A neutral outcome in HFpEF compared with a positive outcome in HFrEF, as occurred with ACEIs, ARBs, and beta-blockers, might be compatible with flawed study design. However, a positive outcome in HFpEF compared with a neutral outcome in HFrEF, as occurred with statins, can no longer be attributable to study design but supports different signal transductions driving myocardial remodeling in HFpEF and HFrEF .
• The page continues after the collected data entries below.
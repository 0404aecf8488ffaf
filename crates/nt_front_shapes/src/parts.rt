//! What a call of the front is made of: the dispatcher's own work, the journal's entry, and the lock.
ghost use Rattle.std.specs.Prelude.{◌≡◌};
ghost use Rattle.nt_mail.specs.Packed.{hands_apc};

use crate::moves::{nanos_since, now, objects};
use crate::told::{FrontBenchFault, Measurement};
use nt_core::{Act, Call, Core, Reply};
use nt_front::PackedEntry;
use nt_status::{Handle, Refusal, Status, ThreadId};
use std::alloc::Global;
use std::sync::{Mutex, Wait};
use std::time::Clock;

/// The event of these shapes: the one thread has the first handle.
const EVENT: u32 = 1;

fn set() -> Call {
    Call::Act(Act::SetEvent(Handle::new(EVENT)))
}

fn try_wait(alloc: Global) -> Result<Call, FrontBenchFault> {
    match objects(alloc, &[Handle::new(EVENT)], false, 0) {
        Some(asked) => Ok(Call::Wait(asked)),
        None => Err(FrontBenchFault::Memory),
    }
}

/// Sets the event, and takes it by a wait.
fn core_rounds(
    core: &mut Core,
    alloc: Global,
    rounds: u32,
    told: &mut Measurement,
) -> Result<(), FrontBenchFault> {
    for _ in 0..rounds {
        told.called(core.call(0, &set()).is_ok());
        let wait = try_wait(alloc)?;
        let result = core.call(0, &wait);
        told.called(result == Ok(Reply::Status(Status::object(0))));
    }
    Ok(())
}

/// Whether an APC is answered, as these shapes ask for none.
fn is_apc(answer: &Result<Reply, Refusal>) -> bool
    ensures { result ≡ hands_apc answer.now }
{
    matches!(answer, Ok(Reply::Apc(_)))
}

/// Carries the call out, and writes it with its result. It is inlined, as those of `moves` are.
#[inline(always)]
fn write(
    core: &mut Core,
    journal: &mut Vec<PackedEntry>,
    call: Call,
) -> Result<Result<Reply, Refusal>, FrontBenchFault> {
    let result = core.call(0, &call);
    if is_apc(&result) {
        drop(call);
        return Err(FrontBenchFault::Wrong);
    }
    let told = result;
    let entry = PackedEntry::called(ThreadId::new(0), call, result);
    match journal.push(entry) {
        Ok(()) => Ok(told),
        Err(_) => Err(FrontBenchFault::Memory),
    }
}

fn written_rounds(
    core: &mut Core,
    journal: &mut Vec<PackedEntry>,
    alloc: Global,
    rounds: u32,
    told: &mut Measurement,
) -> Result<(), FrontBenchFault> {
    for _ in 0..rounds {
        told.called(write(core, journal, set())?.is_ok());
        let result = write(core, journal, try_wait(alloc)?)?;
        told.called(result == Ok(Reply::Status(Status::object(0))));
    }
    Ok(())
}

/// Creates the event.
fn set_stage(core: &mut Core, told: &mut Measurement) {
    let created = core.call(0, &Call::Act(Act::CreateEvent(0)));
    told.called(created.is_ok());
    told.begin();
}

fn time_core<R: Clock>(
    rt: &R,
    core: &mut Core,
    alloc: Global,
    rounds: u32,
) -> Result<Measurement, FrontBenchFault> {
    let mut told = Measurement::default();
    set_stage(core, &mut told);
    let began = now(rt);
    core_rounds(core, alloc, rounds, &mut told)?;
    told.nanos = nanos_since(rt, began);
    Ok(told)
}

fn time_both<R: Clock>(
    rt: &R,
    core: &mut Core,
    journal: &mut Vec<PackedEntry>,
    alloc: Global,
    rounds: u32,
) -> Result<Measurement, FrontBenchFault> {
    let mut told = Measurement::default();
    set_stage(core, &mut told);
    let began = now(rt);
    written_rounds(core, journal, alloc, rounds, &mut told)?;
    told.nanos = nanos_since(rt, began);
    Ok(told)
}

/// The rounds on the dispatcher alone.
pub fn core_alone<R: Clock>(
    rt: &R,
    alloc: Global,
    rounds: u32,
) -> Result<Measurement, FrontBenchFault> {
    let mut core = Core::new(alloc, 1)?;
    let told = time_core(rt, &mut core, alloc, rounds);
    drop(core);
    told
}

/// The rounds on the dispatcher, each call written into a journal.
pub fn core_and_journal<R: Clock>(
    rt: &R,
    alloc: Global,
    rounds: u32,
) -> Result<Measurement, FrontBenchFault> {
    let mut journal = Vec::with_capacity(alloc, (rounds as usize).saturating_mul(2))?;
    core_beside(rt, alloc, rounds, &mut journal)
}

fn core_beside<R: Clock>(
    rt: &R,
    alloc: Global,
    rounds: u32,
    journal: &mut Vec<PackedEntry>,
) -> Result<Measurement, FrontBenchFault> {
    let mut core = Core::new(alloc, 1)?;
    let told = time_both(rt, &mut core, journal, alloc, rounds);
    drop(core);
    told
}

/// A lock is taken and given back.
pub fn bare_lock<R: Wait + Clock>(rt: &R, rounds: u32) -> Measurement {
    let lock = Mutex::new(0_u64);
    let mut told = Measurement::default();
    let began = now(rt);
    for _ in 0..rounds {
        let mut held = lock.lock(rt);
        *held = held.wrapping_add(1);
    }
    told.nanos = nanos_since(rt, began);
    told.calls = lock.into_inner();
    told
}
Several compounds seem to be promising for drug target of HFpEF. Phosphodiesterase 5 inhibitors (PDE5I) increase cGMP level, attenuate adrenergic stimulation, reduce ventricular-arterial stiffening, antagonize maladaptive chamber remodeling, improve endothelial function, and reduce pulmonary vascular resistance [26–30]. The PDE5I sildenafil is currently being tested in the RELAX trial, which evaluates the effects of PDE5I on exercise capacity, functional status, and ventricular function . A preliminary open-label trial documented improvements in exercise capacity and the E/E′ ratio in HFpEF treated with spironolactone . Aldosterone antagonists are currently being actively investigated for HFpEF in the clinical situation. Chamber stiffness is altered by the extracellular matrix like collagen. Alagebrium chloride (ALT-711) is a novel agent that breaks glucose cross-links and improves ventricular and vascular compliance in animal experiments and reduces blood pressure and vascular stiffness in humans [33, 34]. Small open-label trial revealed that ALT-711 was associated with reduced LV mass and improved diastolic filling . Diastolic dysfunction in HFpEF may be related to abnormalities in energy availability or utilization in myocytes [36–38]. Recently, abnormal ATP phosphocreatine shuttle kinetics in HFpEF was demonstrated, and similar results were recently also reported [37, 39]. Currently, a novel therapy targeting energy utilization is under investigation .
Despite the fact that diastolic heart failure is a common condition of heart failure, its precise definition still remains unclear. Therefore, the similarities and differences between the pathogenesis and pathophysiology of diastolic and systolic heart failure have not been sufficiently elucidated. This is thought to be the most significant reason for a lack of established treatment methods for diastolic heart failure. We hope to proceed with future studies on this paper.
Conflict of Interests
The author declares that there is no conflict of interests regarding the publication of this article.